Indonesiakitanews.com – Penajam. Sekretaris Komisi I DPRD Kabupaten Penajam Paser Utara (PPU), Hariyono, menyatakan dukungannya terhadap pengembangan budidaya perikanan air tawar di wilayah tersebut. Dalam beberapa waktu terakhir, keinginan masyarakat untuk mengembangkan sektor ini semakin meningkat, sebagaimana disampaikan dalam agenda Serap Aspirasi (Reses) Masa Persidangan II DPRD PPU yang baru saja digelar. Permintaan ini muncul terutama karena kebutuhan konsumsi ikan lokal masih bergantung pada pasokan dari daerah lain, seperti Banjarmasin dan Samarinda. produsen sepatu di Majalengka
Menurut Hariyono, yang akrab disapa Ion, PPU memiliki potensi besar dalam budidaya perikanan air tawar. Meskipun konsumsi ikan air tawar di daerah ini masih tergolong rendah di pasar lokal, peluang pengembangannya tetap terbuka lebar.

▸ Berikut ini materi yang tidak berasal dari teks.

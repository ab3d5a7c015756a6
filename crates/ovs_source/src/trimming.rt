//! New epochs of a source: its history begins anew with one link that inserts all rows.

ghost use Rattle.std.specs.Prelude.{◌≡◌, ◌<◌, suc, Some, None, Err, IfOk, IfSome};
ghost use Rattle.std.specs.FinMap as map;
ghost use Rattle.ovs_links.specs.Link.{IsStart};
ghost use Rattle.ovs_links.specs.Sets.{IsOfTables};
ghost use Rattle.ovs_links.specs.Store.{max_links, tables_of};
ghost use Rattle.ovs_source.specs.Commits.{IsTaken};
ghost use Rattle.ovs_source.specs.Trimming.{next_start, renewing, TrimsTo, BeginsEpoch};

use crate::source::Source;
use crate::trim_error::TrimError;
use ovs_links::{Link, MAX_LINKS};
use ovs_rows::Database;
use ovs_types::{NoMemory, TxnId};
use std::alloc::Global;

impl Source {
    // The start of the next epoch, if there is one.
    fn next_start(&self) -> Option<TxnId>
        ensures some { IfSome result (λ start. (start ≡ next_start self.now) × IsStart start) }
        ensures none { result ≡ None → ¬ (IsStart (next_start self.now)) }
    {
        let next = u128::from(self.store().start()).checked_add(1)?;
        let start = TxnId::from(next);
        if start.is_start() { Some(start) } else { None }
    }

    // The link from this start that inserts all rows.
    fn renewing_link(&self, alloc: Global, start: TxnId, id: TxnId) -> Result<Link, NoMemory>
        requires start { (start ≡ next_start self.now) × IsStart start }
        requires not_taken { ¬ (IsTaken self.now id) }
        ensures value { IfOk result (λ link. link ≡ renewing self.now id) }
        ensures tables { IfOk result (IsOfTables (tables_of self.now)) }
    {
        let database = self.store().database();
        let empty = Database::empty(alloc, database.schema())?;
        let change = Database::diff(alloc, &empty, database)?;
        match Link::new(start, id, change) {
            Ok(link) => Ok(link),
            Err(_) => unreachable!(),
        }
    }

    /// Begins a new epoch: the history goes on from the next start id, with one commit under this id that inserts all rows. So
    /// all rows have its id as version then. Answers its link. The links of older epochs stay held.
    ///
    /// # Errors
    /// In this order: `IdTaken` where the id is a start id or that of a held link; `EpochsSpent` where the start of the epoch is
    /// 2^64 - 1; `Full` where the store has no room for another link; `NoMemory`. The source is then as it was.
    pub fn trim(&mut self, alloc: Global, id: TxnId) -> Result<Link, TrimError>
        ensures outcome { TrimsTo self.old id result self.new }
        ensures history { IfOk result (λ link. BeginsEpoch self.old link self.new) }
        // So the link can be written with the source's schema.
        ensures tables { IfOk result (IsOfTables (tables_of self.new)) }
        // Want of memory isn't told in the place of another refusal.
        ensures memory { result ≡ Err TrimError.NoMemory → ¬ (IsTaken self.old id) × IsStart (next_start self.old) × (map.len self.old.links < max_links) }
    {
        if self.is_taken(id) {
            return Err(TrimError::IdTaken);
        }
        let Some(start) = self.next_start() else {
            return Err(TrimError::EpochsSpent);
        };
        if self.store().len() >= MAX_LINKS {
            return Err(TrimError::Full);
        }
        let link = self.renewing_link(alloc, start, id)?;
        // The copy is made first, so that nothing is refused once the epoch has begun.
        let made = link.copy()?;
        self.restart(alloc, link)?;
        Ok(made)
    }
}
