//! When a source's desk begins a new epoch.

ghost use Rattle.std.specs.Prelude.{◌≡◌, ◌≤◌, ◌↔◌, IsTrue};
ghost use Rattle.ovs_source.specs.Renewing.{renewal_from};

/// After how many links of one epoch the next begins, and how long the chain is then.
#[derive(Clone, Copy, Debug, PartialEq, Eq)]
pub(crate) struct Renewal {
    pub every: u64,
    pub at: u64,
}

impl Renewal {
    /// After so many links beside these.
    pub(crate) fn from(every: u64, links: u64) -> Renewal
        ensures value { result ≡ renewal_from every links }
    {
        Renewal {
            every,
            at: links.saturating_add(every),
        }
    }

    /// Whether a chain of so many links is long enough.
    pub(crate) fn is_due(self, links: u64) -> bool
        ensures value { IsTrue result ↔ (self.at ≤ links) }
    {
        self.at <= links
    }
}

“Peluang usaha perikanan air tawar sangat besar, tergantung bagaimana kita mengelolanya secara optimal. Kebutuhan ikan masih tinggi, dan ini menjadi kesempatan baik bagi masyarakat PPU untuk beralih dari perikanan tangkap ke perikanan budidaya,” ujarnya, Kamis (6/3/2025).

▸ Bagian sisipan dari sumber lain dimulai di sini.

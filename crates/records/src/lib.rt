// Records: five questions that can be put to any list of nodes, wherever it comes from.
#![tactic(auto)]

mod limits;
mod record;
mod totals;

pub use limits::{MOST_LEVELS, MOST_NODES};
pub use record::Record;
pub use totals::total;
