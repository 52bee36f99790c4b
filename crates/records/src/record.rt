// The interface of records.
ghost use Rattle.std.specs.Prelude.{◌≡◌, ℕ, List, length, slice_index};
ghost use Rattle.records.specs.Nodes.{Node, Shape, depth_at, named_at, value_at};

// A list of nodes in document order, numbered from 0, with the place of each. Asking changes nothing.
pub trait Record {
    ghost nodes: { Self → List Node };

    ghost places: { Self → List ℕ };

    // The list has the shape of records. The member is the proof, and each `impl` gives it: a `law` is not covered where an impl has
    // a lifetime parameter.
    ghost shape: { (x : Self) → Shape (nodes x) };

    // Every node has a place.
    ghost placed: { (x : Self) → length (places x) ≡ length (nodes x) };

    // How many nodes there are.
    fn count(&self) -> usize
        ensures { result ≡ length (nodes self.now) };

    // The depth of node n, or 0 where there is none.
    fn depth(&self, n: usize) -> usize
        ensures { result ≡ depth_at (nodes self.now) n };

    // The value of node n in hundredths; none at a branch, and where there is no node n.
    fn value(&self, n: usize) -> Option<i32>
        ensures { result ≡ value_at (nodes self.now) n };

    // The place of node n, or 0 where there is none.
    fn place(&self, n: usize) -> usize
        ensures { result ≡ slice_index (places self.now) n };

    // Whether there is a node n and its name is, byte for byte, the given one.
    fn is_named(&self, n: usize, name: &[u8]) -> bool
        ensures { result ≡ named_at (nodes self.now) n name.now };
}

Ia juga menyoroti program peralihan dari perikanan tangkap ke budidaya ikan yang saat ini dijalankan oleh Dinas Perikanan. Program ini dinilai strategis dalam mendukung suplai ikan bagi Ibu Kota Nusantara (IKN), yang diperkirakan akan meningkatkan permintaan ikan di PPU.
Lebih lanjut, Hariyono menekankan bahwa dengan semakin berkurangnya hasil tangkapan ikan laut serta meningkatnya biaya operasional bagi nelayan, budidaya ikan air tawar dapat menjadi alternatif yang lebih menguntungkan. Namun, ia mengakui bahwa pemasaran hasil budidaya ikan masih menjadi tantangan utama yang harus diatasi.
“Usaha budidaya ikan sudah berjalan, tapi kendala utamanya ada di pemasaran. Kita perlu memperluas pasar, baik untuk ikan segar maupun produk olahan yang memiliki nilai tambah,” jelasnya.
Ia juga menyoroti pentingnya kerja sama lintas sektor dalam mendukung pengembangan budidaya perikanan air tawar. Menurutnya, berbagai Organisasi Perangkat Daerah (OPD) seperti Dinas Perikanan, Dinas Koperasi, Usaha Kecil Menengah, Perindustrian dan Perdagangan (KUKM Perindag), Dinas Kebudayaan dan Pariwisata (Disbudpar), serta Dinas Komunikasi dan Informatika (Diskominfo) PPU perlu bekerja sama dalam mempromosikan produk perikanan daerah dan memperluas jangkauan pasar. alamat vendor sepatu
“Semua OPD terkait harus terlibat. Ini bukan hanya soal produksi, tetapi juga bagaimana kita mempromosikan produk ikan PPU ke masyarakat luas,” tambahnya.
Hariyono optimis bahwa dengan kolaborasi yang baik antar instansi, Kabupaten PPU dapat mengembangkan sektor perikanan air tawar secara maksimal dan meningkatkan perekonomian daerah.
“Salah satu indikator kemajuan daerah adalah peningkatan Anggaran Pendapatan dan Belanja Daerah (APBD), yang mencerminkan pertumbuhan ekonomi melalui sektor-sektor yang berkembang pesat,” tutupnya.(ADV/HUMAS DPRD PPU/HAI)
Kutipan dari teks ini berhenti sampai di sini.